Spartan prince in Greek mythology

In Greek mythology, Dorycleus (Ancient Greek: Δορυκλεὺς) was a Spartan prince as one of the 20 Hippocoöntids, children of King Hippocoön, son of Oebalus and the naiad Bateia.

== Family ==
Dorycleus was the brother to Scaeus, Enarophorus, Euteiches, Bucolus, Lycaethus, Tebrus, Eurytus, Hippothous, Hippocorystes, Alcinous, Alcimus, Dorceus, Sebrus, Eumedes, Enaesimus, Alcon and Leucippus.

== Mythology ==
Dorycleus, together with his brothers, helped their father usurped the throne of Lacedaemonia and expelled the former king, Tyndareus, the son of Gorgophone and Hipocoon's (half-)brother. Ultimately, the Hippocoöntids and their father were slain by Heracles who also restored Tyndareus as the rightful ruler of the Lacedeamonians. The bad blood between these two parties can be attributed to the following reasons: (1) the refusal of Hippocoon and his family to cleanse the hero after the death of Iphitus when he came to Sparta, (2) Dorycleus and his brothers joined King Neleus of Pylos in his war with the Heracles, and (3) for the manslaughter of Oeonus, son of Licymnius and the hero's cousin, who was beaten to death by the Hippocoöntids with their clubs for stoning in self-defense their Molossian dog.
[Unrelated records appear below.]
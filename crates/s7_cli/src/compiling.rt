ghost use Rattle.std.specs.Prelude.{◌≡◌, ◌≢◌, ◌≤◌, false, true, length, IfOk, IfErr};
ghost use Rattle.stl_ast.specs.Literals.{AreBytes};
ghost use Rattle.stl_symbols.specs.Symbols.{symbols_limit};
ghost use Rattle.flat_code.specs.Image.{IsProgram, image};
ghost use Rattle.flat_code.specs.declared.stamps.Stamp.TheVariants.{Two};
ghost use Rattle.plc_base.specs.declared.Profile.TheVariants.{Large};
ghost use Rattle.plc_base.specs.Least.{least};
ghost use Rattle.stl_lexer.specs.Limits.{source_limit};
ghost use Rattle.stl_types.specs.Table.{statement_refusals};
ghost use Rattle.block_layout.specs.Table.{layout_refusals};
ghost use Rattle.sem_kept.specs.Agreement.{AreFiles, IsRunnable, KeepsSource};
ghost use Rattle.sem_kept.specs.Compiles.{CompilesTo, IsProgramUnique};
ghost use Rattle.sem_kept.specs.Meaning.{HasSymbolsIn, HasTokens, HasTreeOrRefusal, IsSound};
ghost use Rattle.plc_base.specs.declared.refusals.SourceFault.TheVariants.{NoMemory};
ghost use Rattle.sem_kept.specs.Stages.{HaveOutcomeInTurn};
ghost use Rattle.stl_symbols.specs.declared.languages.Language.TheVariants.{English};
ghost use Rattle.s7_cli.specs.declared.faults.CompileFault.TheVariants as compiling;
ghost use Rattle.s7_cli.specs.Compiling.{
  AreRead,
  CompilesWith,
  MakesOrRefuses,
  HasProgram,
  HasProgramWith,
  IsImageOfEnglishSource,
  IsSourceLaidOut,
  KeepsWith,
  LaysOutTree,
  RefusedHaveNone,
  RefusesEnglish,
  RefusesLaid,
  RefusesSymbols,
  RefusesForSymbols,
};

use crate::faults::{CompileFault, fault_in_source, fault_in_symbols};
use block_layout::{Layouts, lay_out, lay_out_sound};
use flat_code::Program;
use image_file::{Loaded, VerifyError, verify, write_image2};
use plc_base::{NoMemory, Profile, Refusal, SourceFault, lesser};
use std::alloc::{AllocError, Global};
use stl_ast::Tree;
use stl_codegen::generate;
use stl_lexer::lex;
use stl_parser::parse;
use stl_symbols::{Language, Symbols, read_symbols, read_symbols_german};
use stl_types::{CheckedSource, check};

/// A source that breaks no rule on its symbols, tokens, clauses and layout.
#[derive(Drop)]
struct LaidSource {
    symbols: Symbols,
    tree: Tree,
    layouts: Layouts,
}

/// The symbols of a symbols file with addresses in a language.
fn read_symbols_in(
    alloc: Global,
    language: Language,
    symbols: &[u8],
) -> Result<Symbols, SourceFault>
    requires { length symbols.now ≤ symbols_limit }
    ensures { MakesOrRefuses (HasSymbolsIn language symbols.now) result }
{
    let list = match language {
        Language::English => read_symbols(alloc, symbols)?,
        Language::German => read_symbols_german(alloc, symbols)?,
    };
    Ok(list)
}

/// The symbols of a symbols file with addresses in a language, for a source whose symbols they are.
pub(crate) fn symbols_for_source(
    alloc: Global,
    language: Language,
    symbols: &[u8],
) -> Result<Symbols, CompileFault>
    requires { length symbols.now ≤ symbols_limit }
    ensures ok { IfOk result (λ list. HasSymbolsIn language symbols.now (Ok list)) }
    ensures refused { IfErr result (RefusesSymbols language symbols.now) }
{
    match read_symbols_in(alloc, language, symbols) {
        Ok(list) => Ok(list),
        Err(fault) => Err(fault_in_symbols(fault)),
    }
}

/// The tree of a source.
fn tree_of(alloc: Global, source: &[u8]) -> Result<Tree, SourceFault>
    requires { length source.now ≤ source_limit }
    ensures { MakesOrRefuses (HaveOutcomeInTurn HasTokens (HasTreeOrRefusal source.now) source.now)
        result }
{
    let tokens = lex(alloc, source)?;
    let tree = parse(alloc, &tokens)?;
    Ok(tree)
}

/// The least rule on statements that a tree breaks, if it breaks one.
fn refusal_of_statements(
    alloc: Global,
    tree: &Tree,
    symbols: &Symbols,
    layouts: &Layouts,
) -> Result<Option<Refusal>, SourceFault>
    ensures found { IfOk result (λ r.
        r ≡ least (statement_refusals tree.now symbols.now layouts.now)) }
    ensures memory { IfErr result (λ e. e ≡ NoMemory) }
{
    match check(alloc, tree, symbols, layouts) {
        Ok(_checked) => Ok(None),
        Err(SourceFault::Refused { refusal }) => Ok(Some(refusal)),
        Err(SourceFault::NoMemory) => Err(SourceFault::NoMemory),
    }
}

/// The least refusal of a tree that breaks a rule on its layout. The statements are checked with
/// all that breaks none.
fn least_refusal_of_tree(
    alloc: Global,
    tree: &Tree,
    symbols: &Symbols,
    refusal: Refusal,
) -> Result<Refusal, SourceFault>
    requires { least (layout_refusals tree.now symbols.now) ≡ Some refusal }
    ensures found { IfOk result (λ r. IsSound symbols.now tree.now (Err r)) }
    ensures memory { IfErr result (λ e. e ≡ NoMemory) }
{
    let layouts = lay_out_sound(alloc, tree, symbols)?;
    let other = refusal_of_statements(alloc, tree, symbols, &layouts)?;
    Ok(lesser(Some(refusal), other).unwrap_or(refusal))
}

/// The layouts of a tree that breaks no rule on them.
fn layouts_of_tree(alloc: Global, tree: &Tree, symbols: &Symbols) -> Result<Layouts, SourceFault>
    ensures { LaysOutTree symbols.now tree.now result }
{
    match lay_out(alloc, tree, symbols) {
        Ok(layouts) => Ok(layouts),
        Err(SourceFault::Refused { refusal }) => {
            let least = least_refusal_of_tree(alloc, tree, symbols, refusal)?;
            Err(SourceFault::Refused { refusal: least })
        }
        Err(SourceFault::NoMemory) => Err(SourceFault::NoMemory),
    }
}

/// Lays out a source with these symbols. The tokens of the source are checked first, then its
/// clauses, and its layout. Where a rule on the layout is broken, the refusal is the least one of
/// these rules and of those on statements.
fn laid_source(alloc: Global, source: &[u8], symbols: Symbols) -> Result<LaidSource, CompileFault>
    requires { length source.now ≤ source_limit }
    ensures laid { IfOk result (IsSourceLaidOut source.now) }
    ensures symbols { IfOk result (λ laid. laid.symbols ≡ symbols) }
    ensures refused { IfErr result (RefusesForSymbols source.now symbols) }
{
    let tree = match tree_of(alloc, source) {
        Ok(tree) => tree,
        Err(fault) => return Err(fault_in_source(fault)),
    };
    match layouts_of_tree(alloc, &tree, &symbols) {
        Ok(layouts) => Ok(LaidSource {
            symbols,
            tree,
            layouts,
        }),
        Err(fault) => Err(fault_in_source(fault)),
    }
}

/// A source that is laid out, with its statements checked.
fn checked_of<'a>(alloc: Global, laid: &'a LaidSource) -> Result<CheckedSource<'a>, CompileFault>
    ensures tree { IfOk result (λ checked. checked ≡ laid.now.tree) }
    ensures sound { IfOk result (λ checked.
        least (statement_refusals laid.now.tree laid.now.symbols laid.now.layouts) ≡ None) }
    ensures refused { IfErr result (RefusesLaid laid.now) }
{
    match check(alloc, &laid.tree, &laid.symbols, &laid.layouts) {
        Ok(checked) => Ok(checked),
        Err(fault) => Err(fault_in_source(fault)),
    }
}

/// A program that runs, verified, with the large profile.
pub(crate) fn loaded_large(alloc: Global, program: Program) -> Result<Loaded, AllocError>
    requires { IsRunnable program }
    ensures program { IfOk result (λ l. l.program ≡ program) }
    ensures large { IfOk result (λ l. l.profile ≡ Large) }
{
    image_file::laws::verified_or_refused();
    match verify(alloc, program) {
        Ok(loaded) => Ok(loaded.with_profile(Profile::Large)),
        Err(VerifyError::Fault { fault: _ }) => unreachable!(),
        Err(VerifyError::NoMemory) => Err(AllocError),
    }
}

/// A law: what a slice holds are bytes.
fn law_of_bytes(bytes: &[u8])
    ensures { AreBytes bytes.now }
{}

/// A law: what is known of a source and a symbols file that are read.
pub(crate) fn law_of_files(source: &[u8], symbols: &[u8])
    requires source { length source.now ≤ source_limit }
    requires symbols { length symbols.now ≤ symbols_limit }
    ensures { AreFiles source.now symbols.now }
{
    law_of_bytes(source);
    law_of_bytes(symbols);
}

/// Checks a source with symbols that were read, in either language. No program is made: that a
/// source which breaks no rule has one that verifies and runs as it means is proved.
pub(crate) fn check_source_with(
    alloc: Global,
    source: &[u8],
    symbols: Symbols,
) -> Result<(), CompileFault>
    requires { length source.now ≤ source_limit }
    ensures ok { IfOk result (λ done. HasProgramWith source.now symbols) }
    ensures refused { IfErr result (RefusesForSymbols source.now symbols) }
{
    sem_kept::laws::programs_run();
    let laid = laid_source(alloc, source, symbols)?;
    let _checked = checked_of(alloc, &laid)?;
    Ok(())
}

/// The program of a source with symbols that were read, in either language.
pub(crate) fn program_with_symbols(
    alloc: Global,
    source: &[u8],
    symbols: Symbols,
) -> Result<Program, CompileFault>
    requires source { length source.now ≤ source_limit }
    requires read { AreRead source.now symbols }
    ensures ok { IfOk result (KeepsWith source.now symbols) }
    ensures compiles { IfOk result (CompilesWith source.now symbols) }
    ensures refused { IfErr result (RefusesForSymbols source.now symbols) }
{
    sem_kept::laws::programs_run();
    let laid = laid_source(alloc, source, symbols)?;
    let checked = checked_of(alloc, &laid)?;
    Ok(generate(alloc, &checked, &laid.layouts, &laid.symbols)?)
}

/// Checks a source of at most 1,048,576 bytes with its symbols file, which has at most as many (no
/// file: no bytes), by the rules of `compiled`.
///
/// # Errors
///
/// Those of `compiled`: `Symbols` or `Source` with the refusal exactly where the symbols file or
/// the source with these symbols is refused; or `NoMemory`.
pub fn check_source(alloc: Global, source: &[u8], symbols: &[u8]) -> Result<(), CompileFault>
    requires source { length source.now ≤ source_limit }
    requires symbols { length symbols.now ≤ symbols_limit }
    ensures ok { IfOk result (λ done.
        HasProgram source.now symbols.now) }
    ensures refused { IfErr result
        (RefusesEnglish source.now symbols.now) }
{
    law_of_files(source, symbols);
    let list = symbols_for_source(alloc, Language::English, symbols)?;
    check_source_with(alloc, source, list)
}

/// The program of a source with its symbols.
fn program_of_source(alloc: Global, source: &[u8], symbols: &[u8]) -> Result<Program, CompileFault>
    requires source { length source.now ≤ source_limit }
    requires symbols { length symbols.now ≤ symbols_limit }
    ensures ok { IfOk result (KeepsSource Large source.now symbols.now) }
    ensures compiles { IfOk result (CompilesTo English source.now symbols.now) }
    ensures refused { IfErr result
        (RefusesEnglish source.now symbols.now) }
{
    law_of_files(source, symbols);
    let list = symbols_for_source(alloc, Language::English, symbols)?;
    program_with_symbols(alloc, source, list)
}

/// Compiles a source of at most 1,048,576 bytes with its symbols file, which has at most as many
/// (no file: no bytes), into a loaded program that runs as it means and has the names of its
/// symbols. The symbols are checked first, then the tokens of the source, its clauses, and its
/// layout together with its statements. It has the large profile. `load` gives this program, with
/// this profile, for the image that `compiled_image` gives.
///
/// # Errors
///
/// `Symbols` or `Source` with the refusal exactly where the symbols file or the source with these
/// symbols is refused; or `NoMemory`.
pub fn compiled(alloc: Global, source: &[u8], symbols: &[u8]) -> Result<Loaded, CompileFault>
    requires source { length source.now ≤ source_limit }
    requires symbols { length symbols.now ≤ symbols_limit }
    ensures ok { IfOk result (λ l. KeepsSource Large source.now symbols.now l.program) }
    ensures program { IfOk result (λ l. CompilesTo English source.now symbols.now l.program) }
    ensures large { IfOk result (λ l. l.profile ≡ Large) }
    ensures image { IfOk result
        (λ l. IsImageOfEnglishSource (image (Two l.profile) l.program) source.now symbols.now) }
    ensures refused { IfErr result
        (RefusesEnglish source.now symbols.now) }
{
    law_of_files(source, symbols);
    let program = program_of_source(alloc, source, symbols)?;
    Ok(loaded_large(alloc, program)?)
}

/// Compiles a source with its symbols file, by the rules of `compiled`, into the image of its
/// program: one of version 2 for the large profile.
///
/// # Errors
///
/// Those of `compiled`: `Symbols` or `Source` with the refusal exactly where the symbols file or
/// the source with these symbols is refused; or `NoMemory`.
pub fn compiled_image(alloc: Global, source: &[u8], symbols: &[u8]) -> Result<Vec<u8>, CompileFault>
    requires source { length source.now ≤ source_limit }
    requires symbols { length symbols.now ≤ symbols_limit }
    ensures ok { IfOk result (λ v. IsImageOfEnglishSource v.items source.now symbols.now) }
    ensures refused { IfErr result
        (RefusesEnglish source.now symbols.now) }
{
    law_of_files(source, symbols);
    let program = program_of_source(alloc, source, symbols)?;
    Ok(write_image2(alloc, &program, Profile::Large)?)
}

/// A law: a source with its symbols compiles to one program at most, and to none where it is
/// refused.
pub(crate) fn law_of_programs()
    ensures one { IsProgramUnique }
    ensures refused { RefusedHaveNone }
{
    stl_lexer::law_of_tokens();
    stl_parser::law_of_clauses();
    sem_kept::laws::law_of_sources();
}

/// Whether two programs are the same: their images are.
fn is_same_program(alloc: Global, program: &Program, loaded: &Loaded) -> Result<bool, NoMemory>
    requires program { IsProgram program.now }
    requires loaded { IsProgram loaded.now.program }
    ensures same { IfOk result (λ same. same ≡ true → program.now ≡ loaded.now.program) }
    ensures other { IfOk result (λ same. program.now ≡ loaded.now.program → same ≡ true) }
{
    image_file::laws::one_program();
    let other = loaded.program(alloc)?;
    let image = write_image2(alloc, program, Profile::Large)?;
    let wanted = write_image2(alloc, &other, Profile::Large)?;
    Ok(image.as_slice() == wanted.as_slice())
}

/// A source that is refused compiles to no program; want of memory tells nothing of it.
fn no_program(fault: &CompileFault) -> Result<bool, NoMemory>
    ensures { IfOk result (λ yes. (yes ≡ false) × (fault.now ≢ compiling.NoMemory)) }
{
    match fault {
        CompileFault::NoMemory => Err(AllocError),
        _ => Ok(false),
    }
}

/// Whether a source of at most 1,048,576 bytes with its symbols file, which has at most as many, is
/// accepted by the rules of `compiled` and compiles to this program, with these names. Fails where
/// memory is wanting.
pub fn compiles_to(
    alloc: Global,
    source: &[u8],
    symbols: &[u8],
    loaded: &Loaded,
) -> Result<bool, NoMemory>
    requires source { length source.now ≤ source_limit }
    requires symbols { length symbols.now ≤ symbols_limit }
    requires program { IsProgram loaded.now.program }
    ensures yes { IfOk result (λ yes. yes ≡ true
        → CompilesTo English source.now symbols.now loaded.now.program) }
    ensures no { IfOk result (λ yes. CompilesTo English source.now symbols.now loaded.now.program
        → yes ≡ true) }
{
    law_of_programs();
    match program_of_source(alloc, source, symbols) {
        Ok(program) => is_same_program(alloc, &program, loaded),
        Err(fault) => no_program(&fault),
    }
}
For the latter incident, Heracles straightway give them battle as he was very angry but was wounded in the hip-joint and he stealthily retreated. Afterwards, the son of Alcmene made an expedition against Sparta enlisting the aid of King Cepheus of Arcadia and his sons, and succeeded in avenging himself on Hippocoon, and also on Dorycleus and his brothers, for their murder of Oeonus.